In a truly remarkable achievement of editing, Christian G. Appy weaves many strands into a tapestry rendering the confusion, deceit, immorality, and bravery that characterized the US's longest war. Brief, well-written notes and introductions frame various sections that make up this extraordinary oral history, including a brief survey of US interventions since 1898.
So rich is the texture and particularity of the testimonies that one finds it difficult to choose representative ones; so many are simply unforgettable. Tom Grace, a casualty of the shootings on the Kent State University campus, May 4, 1970, for example, describes his parents coming to visit him in the hospital. He worried he had let them down. "They sent me out there to go to school and here I am shot."
Judith Coburn, a journalist in Vietnam, describes 1500 soldiers organizing an Independence Day peace rally at Chu Lai on July 4, 1971. "All the military authorities did was take a few pictures. After all, what were they going to do, bust them all?" Randy Kehler tells about his arrest by FBI agents posing as reporters at a demonstration in San Francisco. When a friend intervened and an FBI agent kicked him in the ribs, Kehler yelled, "Stop, stop, I'll go."
Then there are the unrepentant policy makers, such as Alexander Haig, who maintains that his major war-related contribution "was supporting the Christmas bombing" of 1972 (which killed 1318 civilians in Hanoi alone). Johnson's National Security Advsor,Walt Rostow, callously brags, "What Lyndon Johnson did was more costly perhaps than it had to be, but he saved Southeast Asia and we hold the balance of power in Asia today."
Would Rostow have been so blasé about the outcome if he had read the testimony of Tran Hhi Gung?

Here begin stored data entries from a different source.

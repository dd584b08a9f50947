//! Words of the lists that people write: what each of them alone says.

ghost use Rattle.std.specs.Prelude.{◌≡◌, ◌≤◌, length, IfSome, IfNone};
ghost use Rattle.fc_cards.specs.declared.places.Place.{Place};
ghost use Rattle.fc_moves.specs.MoveText.{IsThere, place_letter};
ghost use Rattle.fc_lists.specs.Word.{IsMoveWord, IsNoMoveWord, NamesNoPlace, NamesPlace, after_number, digit_count, ends_number, is_link};

use fc_cards::Place;
use fc_moves::{Move, read_move};
use fc_replay::read_token;

// A word without the number that it begins with, and the point behind that.
pub(crate) fn after_number(word: &[u8]) -> &[u8]
    ensures value { result.now ≡ after_number word.now }
{
    let count = digit_count(word);
    if count == 0 {
        return word;
    }
    match &word[count..] {
        [end, rest @ ..] if ends_number(*end) => rest,
        _ => word,
    }
}

// Whether a byte ends the number of an entry.
fn ends_number(byte: u8) -> bool
    ensures value { result ≡ ends_number byte }
{
    matches!(byte, b'.' | b')' | b':')
}

// How many digits a text begins with.
pub(crate) fn digit_count(text: &[u8]) -> usize
    ensures value { result ≡ digit_count text.now }
    ensures within { result ≤ length text.now }
{
    for (i, byte) in text.iter().enumerate() {
        if !byte.is_ascii_digit() {
            return i;
        }
    }
    text.len()
}

// The move that a word is: two letters, perhaps with a dash or an arrow between.
pub(crate) fn move_of(word: &[u8]) -> Option<Move>
    ensures read { IfSome result (IsMoveWord word.now) }
    ensures refused { IfNone result (IsNoMoveWord word.now) }
{
    match word {
        [from, b'-', to] => read_token(&[*from, *to]),
        [from, b'-', b'>', to] => read_token(&[*from, *to]),
        _ => read_token(word),
    }
}

// Whether a word stands between a card and its place.
pub(crate) fn is_link(word: &[u8]) -> bool
    ensures value { result ≡ is_link word.now }
{
    word == b"to".as_slice() || word == b"->".as_slice() || word == b"-".as_slice()
}

// The place that a word names.
pub(crate) fn named_place(word: &[u8]) -> Option<Place>
    ensures named { IfSome result (NamesPlace word.now) }
    ensures refused { IfNone result (NamesNoPlace word.now) }
{
    if word == b"home".as_slice() {
        return Some(Place::Home);
    }
    match word {
        [letter] => place_of(*letter),
        _ => None,
    }
}

// The place of a letter: a move goes there, from whatever column.
fn place_of(letter: u8) -> Option<Place>
    ensures named { IfSome result (λ place. IsThere place × (place_letter place ≡ letter)) }
    ensures refused { IfNone result ((place : Place) → IsThere place → place_letter place ≡ letter → ⊥) }
{
    match read_move(&[b'1', letter]) {
        Some(m) => Some(m.to),
        None => None,
    }
}
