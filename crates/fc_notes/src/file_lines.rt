//! The lines of a file, and those that part its boards.

ghost use Rattle.std.specs.Prelude.{◌≡◌, ℕ, ◌+◌, ◌<◌, ◌≤◌, ◌∷◌, ◌++◌, [], cond, length, not, position};
ghost use Rattle.std.specs.Char.{is_ascii_whitespace};
ghost use Rattle.std.specs.List.{position_or_len};
ghost use Rattle.fc_text.specs.Line.{is_line_end};
ghost use Rattle.fc_notes.specs.File.{boards_below, ended_lines, is_blank_text, is_dash, is_rule};
ghost use Rattle.fc_notes.specs.inner.File.{one_board};

/// Whether a text has nothing but blanks.
pub fn is_blank(text: &[u8]) -> bool
    ensures value { result ≡ is_blank_text text.now }
{
    text.iter().all(|byte| byte.is_ascii_whitespace())
}

/// What stands in a text above its first line of dashes, how many lines these are together, and the text below. A text
/// without such a line is all above it.
pub(crate) fn split_part(text: &[u8]) -> (&[u8], usize, &[u8])
    ensures parts { (above : ℕ) → boards_below above text.now
        ≡ one_board above result.0.now ++ boards_below (above + result.1) result.2.now }
    ensures shorter { 0 < length text.now → length result.2.now < length text.now }
    ensures lines { result.1 + length result.2.now ≤ length text.now }
{
    let mut rest = text;
    let mut lines = 0;
    while !rest.is_empty() {
        let (line, below) = split_line(rest);
        lines += 1;
        if is_rule(line) {
            return (&text[..text.len() - rest.len()], lines, below);
        }
        rest = below;
    }
    (text, lines, rest)
}

// Whether a line parts boards: three dashes or more, and blanks.
pub(crate) fn is_rule(line: &[u8]) -> bool
    ensures value { result ≡ is_rule line.now }
{
    let rest = &line[blanks_len(line)..];
    let dashes = dashes_len(rest);
    dashes >= 3 && is_blank(&rest[dashes..])
}

// How many blanks a line begins with.
fn blanks_len(line: &[u8]) -> usize
    ensures value { result ≡ position_or_len (λ b. not (is_ascii_whitespace b)) line.now }
    ensures within { result ≤ length line.now }
{
    for (i, byte) in line.iter().enumerate() {
        if !byte.is_ascii_whitespace() {
            return i;
        }
    }
    line.len()
}

// How many dashes a text begins with.
fn dashes_len(text: &[u8]) -> usize
    ensures value { result ≡ position_or_len (λ b. not (is_dash b)) text.now }
    ensures within { result ≤ length text.now }
{
    for (i, byte) in text.iter().enumerate() {
        if *byte != b'-' {
            return i;
        }
    }
    text.len()
}

// The first line of a text that isn't empty, with the LF that ends it, and the text below it.
pub(crate) fn split_line(text: &[u8]) -> (&[u8], &[u8])
    requires some { 0 < length text.now }
    ensures line { ended_lines text.now ≡ result.0.now ∷ ended_lines result.1.now }
    ensures joined { text.now ≡ result.0.now ++ result.1.now }
    ensures shorter { length result.1.now < length text.now }
{
    match line_len(text) {
        Some(len) => text.split_at(len + 1),
        None => text.split_at(text.len()),
    }
}

// How many bytes stand before the first LF, if there is one.
fn line_len(text: &[u8]) -> Option<usize>
    ensures value { result ≡ position is_line_end text.now }
{
    text.iter().position(|byte| *byte == b'\n')
}
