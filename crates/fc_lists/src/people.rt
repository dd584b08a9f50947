//! Lists as people write them: moves, and cards with the places where they go.

ghost use Rattle.std.specs.Prelude.{◌≡◌, ℕ, ◌+◌, List, [], ◌∷◌, ◌++◌, Some, None, IfOk, IfErr, OnOk, length, min};
ghost use Rattle.fc_moves.specs.declared.steps.Move.{Move};
ghost use Rattle.fc_lists.specs.Word.{words_of};
ghost use Rattle.fc_lists.specs.Written.{AreEntries, IsEntriesFault, ReadsEntries};
ghost use Rattle.fc_lists.specs.declared.written_entries.Entry.TheVariants as entry;
ghost use Rattle.fc_lists.specs.inner.Held.{IsHeld, IsPending, IsPushFault};

use crate::words::{after_number, is_link, move_of, named_place};
use crate::written_entries::Entry;
use fc_cards::Card;
use fc_moves::Move;
use fc_replay::MoveGaps;
use fc_text::Tokens;
use std::alloc::Global;
use thiserror::Error;

/// Why a list that people write isn't read. Steps count from 1.
#[derive(Clone, Copy, Debug, PartialEq, Eq, Error)]
pub enum EntriesFault {
    /// What stands at this step is no move, nor a card that a place follows.
    #[error("step {0}: not a move")]
    NoMove(u32),
    /// A growth was refused.
    #[error("want of memory")]
    Memory,
}

// A card that a word names, and the move that the word is where no place follows it.
#[derive(Clone, Copy)]
pub(crate) struct Held {
    pub card: Card,
    pub m: Option<Move>,
}

/// The entries of a list that people write: moves of two letters, perhaps with a dash or an arrow between them, and cards with the
/// place where each goes, perhaps with `to`, a dash or an arrow between. Numbers with a point, a bracket or a colon before entries are
/// passed over.
///
/// # Errors
/// `NoMove` with the first entry that is no move, and no card that a place follows; its step is told up to 4,294,967,295. `Memory`
/// where a growth was refused.
pub fn read_entries(alloc: Global, list: &[u8]) -> Result<Vec<Entry>, EntriesFault>
    ensures read { IfOk result (λ entries. AreEntries (words_of list.now) entries.items) }
    ensures fault { IfErr result (IsEntriesFault (words_of list.now)) }
{
    let mut entries = Vec::new(alloc);
    let mut held = None;
    for token in Tokens::new(list, MoveGaps) {
        let word = after_number(token);
        if word.is_empty() {
            continue;
        }
        held = match read_word(&mut entries, held, word) {
            Ok(now) => now,
            Err(fault) => return Err(fault),
        };
    }
    match end_list(&mut entries, held) {
        Ok(()) => Ok(entries),
        Err(fault) => Err(fault),
    }
}

// Reads the next word of a list, behind the card that may be held; the card that is held then.
fn read_word(
    entries: &mut Vec<Entry>,
    held: Option<Held>,
    word: &[u8],
) -> Result<Option<Held>, EntriesFault>
    ensures read { IfOk result (λ now. (words rest : List (List ℕ)) → IsPending words held entries.old.items (word.now ∷ rest)
        → IsPending words now entries.new.items rest) }
    ensures fault { IfErr result (λ fault. (words rest : List (List ℕ)) → IsPending words held entries.old.items (word.now ∷ rest)
        → IsEntriesFault words fault) }
{
    match held {
        Some(before) => read_behind(entries, before, word),
        None => begin_entry(entries, word),
    }
}

// Reads a word behind a card that is held; the card that is held then.
fn read_behind(
    entries: &mut Vec<Entry>,
    before: Held,
    word: &[u8],
) -> Result<Option<Held>, EntriesFault>
    ensures read { IfOk result (λ now. (words rest : List (List ℕ)) → IsHeld words before entries.old.items (word.now ∷ rest)
        → IsPending words now entries.new.items rest) }
    ensures fault { IfErr result (λ fault. (words rest : List (List ℕ)) → IsHeld words before entries.old.items (word.now ∷ rest)
        → IsEntriesFault words fault) }
{
    if is_link(word) {
        return Ok(Some(before));
    }
    if let Some(place) = named_place(word) {
        push_entry(entries, Entry::Card(before.card, place))?;
        return Ok(None);
    }
    push_move(entries, before.m)?;
    begin_entry(entries, word)
}

// Reads a word that no card is held before; the card that is held then.
fn begin_entry(entries: &mut Vec<Entry>, word: &[u8]) -> Result<Option<Held>, EntriesFault>
    ensures read { IfOk result (λ now. (words rest : List (List ℕ)) → ReadsEntries words entries.old.items (word.now ∷ rest)
        → IsPending words now entries.new.items rest) }
    ensures fault { IfErr result (λ fault. (words rest : List (List ℕ)) → ReadsEntries words entries.old.items (word.now ∷ rest)
        → IsEntriesFault words fault) }
{
    let m = move_of(word);
    if let Some(card) = Card::read(word) {
        return Ok(Some(Held { card, m }));
    }
    match push_move(entries, m) {
        Ok(()) => Ok(None),
        Err(fault) => Err(fault),
    }
}

// Ends a list, behind the card that may be held.
fn end_list(entries: &mut Vec<Entry>, held: Option<Held>) -> Result<(), EntriesFault>
    ensures read { OnOk result ((words : List (List ℕ)) → IsPending words held entries.old.items [] → AreEntries words entries.new.items) }
    ensures fault { IfErr result (λ fault. (words : List (List ℕ)) → IsPending words held entries.old.items [] → IsEntriesFault words fault) }
{
    match held {
        Some(before) => push_move(entries, before.m),
        None => Ok(()),
    }
}

// Appends a move as an entry; where there is none, the word is no entry.
fn push_move(entries: &mut Vec<Entry>, m: Option<Move>) -> Result<(), EntriesFault>
    ensures pushed { OnOk result ((n : Move) × (m ≡ Some n) × (entries.new.items ≡ entries.old.items ++ entry.Move n ∷ [])) }
    ensures fault { IfErr result (IsPushFault m entries.old.items) }
{
    let Some(m) = m else {
        return Err(EntriesFault::NoMove(step_behind(entries.len())));
    };
    push_entry(entries, Entry::Move(m))
}

// Appends an entry.
fn push_entry(entries: &mut Vec<Entry>, e: Entry) -> Result<(), EntriesFault>
    ensures pushed { OnOk result (entries.new.items ≡ entries.old.items ++ e ∷ []) }
    ensures fault { IfErr result (λ fault. fault ≡ EntriesFault.Memory) }
{
    match entries.push(e) {
        Ok(()) => Ok(()),
        Err(_) => Err(EntriesFault::Memory),
    }
}

// The step behind so many entries, up to the greatest number.
fn step_behind(before: usize) -> u32
    ensures value { result ≡ min (before + 1) 4294967295 }
{
    if before < u32::MAX as usize {
        before as u32 + 1
    } else {
        u32::MAX
    }
}
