/// Why the entries of a list aren't played. Steps count from 1.
#[derive(Clone, Copy, Debug, PartialEq, Eq)]
pub enum PlayFault {
    /// The token of the step is no entry.
    NoEntry(u32),
    /// The entry of the step can't be played, with whatever number of cards.
    NotAllowed(u32),
    /// The entries up to the step lead to more than 1,000 boards, since how many cards go to empty columns isn't told.
    TooManyWays(u32),
    /// The list has so many entries, which are fewer than are asked of.
    ListEnds(u32),
    /// The entries come to more than 4,294,967,295 one-card moves.
    TooLong,
    /// A growth of memory was refused.
    Memory,
}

A former Viet Cong guerilla now in her late 50s, she recalls participating "in so many fights for so many years, I can't possibly remember them all. I think it was justified. But if I went to America and killed people there, I would feel very sorry and guilty. Since the Americans came to my country, I don't feel guilty."
Evelyn Colbert, who worked at the Southeast Asia Division of the Bureau of Intelligence Research in the State Department, challenges Robert McNamara's claim that, as she phrased it, "we didn't know anything about Vietnam and what was really happening was not understood." She knows, from personal experience, "That's a lot of garbage." Although the work produced in her office and elsewhere on the impact of the war was pessimistic, "the record shows that dissent which contradicted the public optimism was ignored."

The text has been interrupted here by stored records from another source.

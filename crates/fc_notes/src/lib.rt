//! What is said of a board's text beside the board itself, found as values: the program prints them. No call allocates.
#![tactic(auto)]

pub use board_texts::{BoardText, file_line, in_file, row_in_file};
pub use fault_notes::{FaultNote, TokenPlace, fault_note};
pub use file_lines::is_blank;
pub use files::{ListedBoard, ListedBoards};
pub use length_notes::{LengthNote, is_board_in_rows, is_like_deal, note_of_columns, note_of_rows};
pub use reasons::Reason;
pub use reversed_deals::reversed_deal;
pub use short_rows::short_row;

mod board_texts;
mod deal_lengths;
mod fault_notes;
mod file_lines;
mod files;
mod length_notes;
mod played_columns;
mod reasons;
mod reversed_deals;
mod short_rows;
mod typed_numbers;
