//! Rows of a text in rows that might be read otherwise.

ghost use Rattle.std.specs.Prelude.{◌↔◌, IsTrue, IfSome, IfNone};
ghost use Rattle.fc_notes.specs.ShortRow.{AreRead, HasEachEntry, IsShortRow};

use fc_row_text::{LineTold, Places, RowLineKind};

/// For which columns the entries of a row were read, where it has fewer than eight of them and no line of numbers tells; `None`
/// for every other line.
pub fn short_row(told: &LineTold<'_>) -> Option<[bool; 8]>
    ensures read { IfSome result (AreRead told.now.reading.entries) }
    ensures some { IfSome result (λ columns. IsShortRow told.now.kind told.now.reading) }
    ensures none { IfNone result (IsShortRow told.now.kind told.now.reading → ⊥) }
{
    let entries = &told.reading.entries;
    if told.kind != RowLineKind::Row {
        return None;
    }
    if told.reading.is_sure {
        return None;
    }
    if is_whole(entries) {
        return None;
    }
    Some(columns_read(entries))
}

// Whether a row has an entry for each column.
fn is_whole(entries: &Places) -> bool
    ensures value { IsTrue result ↔ HasEachEntry entries.now }
{
    for column in 0..8 {
        if entries[column].is_none() {
            return false;
        }
    }
    true
}

// The columns for which a row has an entry.
fn columns_read(entries: &Places) -> [bool; 8]
    ensures value { AreRead entries.now result }
{
    [
        entries[0].is_some(),
        entries[1].is_some(),
        entries[2].is_some(),
        entries[3].is_some(),
        entries[4].is_some(),
        entries[5].is_some(),
        entries[6].is_some(),
        entries[7].is_some(),
    ]
}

In addition to the individual testimonies, the factual information provided by the editor, including US soldier desertion rates and descriptions of South Vietnamese tiger cages, adds to the power and resonance of Patriots. For example, the US Army reported that even as troop levels dropped, fraggings in Vietnam mounted steadily from 126 in 1969 to 333 in 1971. Similarly, the White House Office for Drug Abuse Prevention found that "at the peak of the epidemic in the early 1970s, 34 percent of US troops had 'commonly used' heroin in Vietnam."

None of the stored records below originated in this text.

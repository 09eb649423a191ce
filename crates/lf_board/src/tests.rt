//! A board from version to version: the documents of a worked row, by hand-made values of its
//! frame. Boards may move to another thread.
ghost use Rattle.std.specs.Prelude.{◌≡◌, ◌<◌, OnOk};
ghost use Rattle.def_histories.specs.Jobs.{IsPrefix};
ghost use Rattle.lf_versions.specs.Commits.{lines_of};
ghost use Rattle.lf_board.specs.Boards.{MayTurn, turned};

use crate::{Board, HomeBoard};
use lf_base::{Memory, Steps, Text};
use lf_model::{
    Doc, Embed, Frame, FrameKind, FrameNode, FrameNodeList, FrameProp, FramePropList,
    FrameReverseList, IdTest, Json, TermDefList, TermTable, TypeTest,
};
use lf_nquads::read_patch;
use lf_rdf::Patch;
use lf_versions::Version;
use std::alloc::Global;
use std::marker::Brand;
use std::sync::ledger::{Blank, Ledger};
use std::test::Fail;

// A map of a frame with these properties that states no more.
fn row(alloc: Global, props: FramePropList, kind: FrameKind) -> FrameNode {
    FrameNode {
        ids: IdTest::Absent,
        types: TypeTest::Absent,
        embed: Embed::Once,
        explicit: false,
        require_all: false,
        omit_default: None,
        props,
        reverse: FrameReverseList::new(alloc),
        graph: None,
        kind,
        fallback: None,
    }
}

// The frame `{"http://e/p":{}}`.
fn frame(alloc: Global) -> Result<Frame, Memory> {
    let mut props = FramePropList::new(alloc);
    props.push(FrameProp {
        property: Text::of(alloc, "http://e/p")?,
        frame: Some(1),
    })?;
    let mut nodes = FrameNodeList::new(alloc);
    nodes.push(row(alloc, props, FrameKind::Node))?;
    nodes.push(row(alloc, FramePropList::new(alloc), FrameKind::Wild))?;
    Ok(Frame {
        nodes,
        context: Json::Null,
        table: TermTable {
            vocab: None,
            language: None,
            terms: TermDefList::new(alloc),
            type_set: false,
        },
        top_graph: false,
    })
}

// The patch of a text.
fn patch(alloc: Global, text: &str) -> Result<Patch, Memory> {
    if text.len() > 67_108_864 {
        return Err(Memory);
    }
    match read_patch(alloc, text.as_bytes()) {
        Ok(patch) => Ok(patch),
        Err(_) => Err(Memory),
    }
}

const SHARED: &str =
    "<http://e/a> <http://e/p> _:x .\n<http://e/b> <http://e/p> _:x .\n_:x <http://e/q> \"1\" .\n";

const SHARED_DOCUMENT: &str =
    "{\"@graph\":[{\"@id\":\"http://e/a\",\"http://e/p\":{\"@id\":\"_:x\",\"http://e/q\":\"1\"}},{\"@id\":\"http://e/b\",\"http://e/p\":{\"@id\":\"_:x\",\"http://e/q\":\"1\"}}]}";

const ONE_LESS: &str = "- <http://e/b> <http://e/p> _:x .\n";

const PRUNED_DOCUMENT: &str = "{\"@id\":\"http://e/a\",\"http://e/p\":{\"http://e/q\":\"1\"}}";

// Whether the board's document has this text.
fn has_text(board: &Board, text: &str) -> bool {
    match board.doc() {
        Some(doc) => match &**doc {
            Doc::Bytes(bytes) => bytes.as_str() == text,
            Doc::Refused(_) => false,
            Doc::Over(_) => false,
        },
        None => false,
    }
}

// Turns a board to a version, and says whether it then has this document and evaluated so many
// terms.
fn turns_to<L: Ledger>(
    alloc: Global,
    board: &mut Board,
    to: &Version,
    text: &str,
    count: u64,
    steps: &mut Steps<L>,
) -> Result<bool, Memory>
    requires begun { MayTurn board.old to.now }
    ensures turned { OnOk result (board.new ≡ turned board.old.frame to.now) }
{
    let turn = board.turn(alloc, to, steps)?;
    let counted = turn.evaluated.len() == count;
    drop(turn);
    Ok(counted && has_text(board, text))
}

// Turns a board to two versions, the second after the first.
fn turn_twice<L: Ledger>(
    alloc: Global,
    board: &mut Board,
    one: &Version,
    two: &Version,
    steps: &mut Steps<L>,
) -> Result<bool, Memory>
    requires first { MayTurn board.old one.now }
    requires second { IsPrefix (lines_of one.now) (lines_of two.now) }
{
    let shared = turns_to(alloc, board, one, SHARED_DOCUMENT, 3, steps)?;
    let pruned = turns_to(alloc, board, two, PRUNED_DOCUMENT, 2, steps)?;
    Ok(shared && pruned)
}

// Whether a board at home that was turned to the second version wakes with the row's last document.
fn is_woken(home: HomeBoard) -> Result<bool, Memory> {
    match home.handle() {
        Ok(handle) => {
            let board = Board::wake(home, handle);
            let woken = board.version() == Some(2) && has_text(&board, PRUNED_DOCUMENT);
            drop(board);
            Ok(woken)
        }
        Err(Memory) => {
            drop(home);
            Err(Memory)
        }
    }
}

// A board of the row's frame that is turned to both versions.
fn turned_to_both<L: Ledger>(
    alloc: Global,
    one: &Version,
    two: &Version,
    steps: &mut Steps<L>,
) -> Result<bool, Memory>
    requires second { IsPrefix (lines_of one.now) (lines_of two.now) }
{
    let mut board = Board::new(frame(alloc)?);
    let held = turn_twice(alloc, &mut board, one, two, steps);
    let (home, handle) = board.rest();
    drop(handle);
    let woken = is_woken(home);
    Ok(held? && woken?)
}

// The second version behind the first.
fn of_second<L: Ledger>(
    alloc: Global,
    one: &Version,
    steps: &mut Steps<L>,
) -> Result<bool, Memory> {
    let patch = patch(alloc, ONE_LESS)?;
    match one.commit(alloc, 1, patch) {
        Ok(two) => {
            let held = turned_to_both(alloc, one, &two, steps);
            drop(two);
            held
        }
        Err(_) => Err(Memory),
    }
}

// The two versions of the row, and a board that is turned to each.
fn of_first<L: Ledger>(
    alloc: Global,
    none: &Version,
    steps: &mut Steps<L>,
) -> Result<bool, Memory> {
    let patch = patch(alloc, SHARED)?;
    match none.commit(alloc, 1, patch) {
        Ok(one) => {
            let held = of_second(alloc, &one, steps);
            drop(one);
            held
        }
        Err(_) => Err(Memory),
    }
}

// The same, with steps that are counted from nothing.
fn shared_blank<L: Ledger>(alloc: Global, none: &Version, blank: Blank) -> Result<bool, Memory>
    requires name { blank.name ≡ L.name }
    requires parts { blank.parts ≡ L.parts }
    requires one { 0 < blank.parts }
{
    let mut steps = Steps::<L>::of(blank);
    of_first(alloc, none, &mut steps)
}

#[test]
fn a_board_goes_from_version_to_version(rt: HostRuntime) -> Result<(), Fail> {
    let alloc = rt.alloc();
    let none = Version::first(alloc)?;
    let held = shared_blank::<Brand>(alloc, &none, Blank::new(1));
    drop(none);
    assert!(rt; held?);
    Ok(())
}

// What is of this type may move to another thread.
fn may_move<T: Send>(_: &T) {}

// Asks it of a board at work and at home.
fn moves(board: Board) {
    may_move(&board);
    let (home, handle) = board.rest();
    drop(handle);
    may_move(&home);
    drop(home);
}

#[test]
fn boards_may_move_between_threads(rt: HostRuntime) -> Result<(), Fail> {
    let alloc = rt.alloc();
    moves(Board::new(frame(alloc)?));
    assert!(rt; true);
    Ok(())
}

A reflection by author and veteran Wayne Karlin describes the
challenge Patriots poses to us: "There are so many
things that aren't finished, the hard truths and damage that need
to be faced and acknowledged, the humanity we couldn't see and
still need to see." A line from a poem by Nguyen Duy, quoted
in the book, is an appropriate epitaph: "In the end, in every
war, whoever won, the people always lost."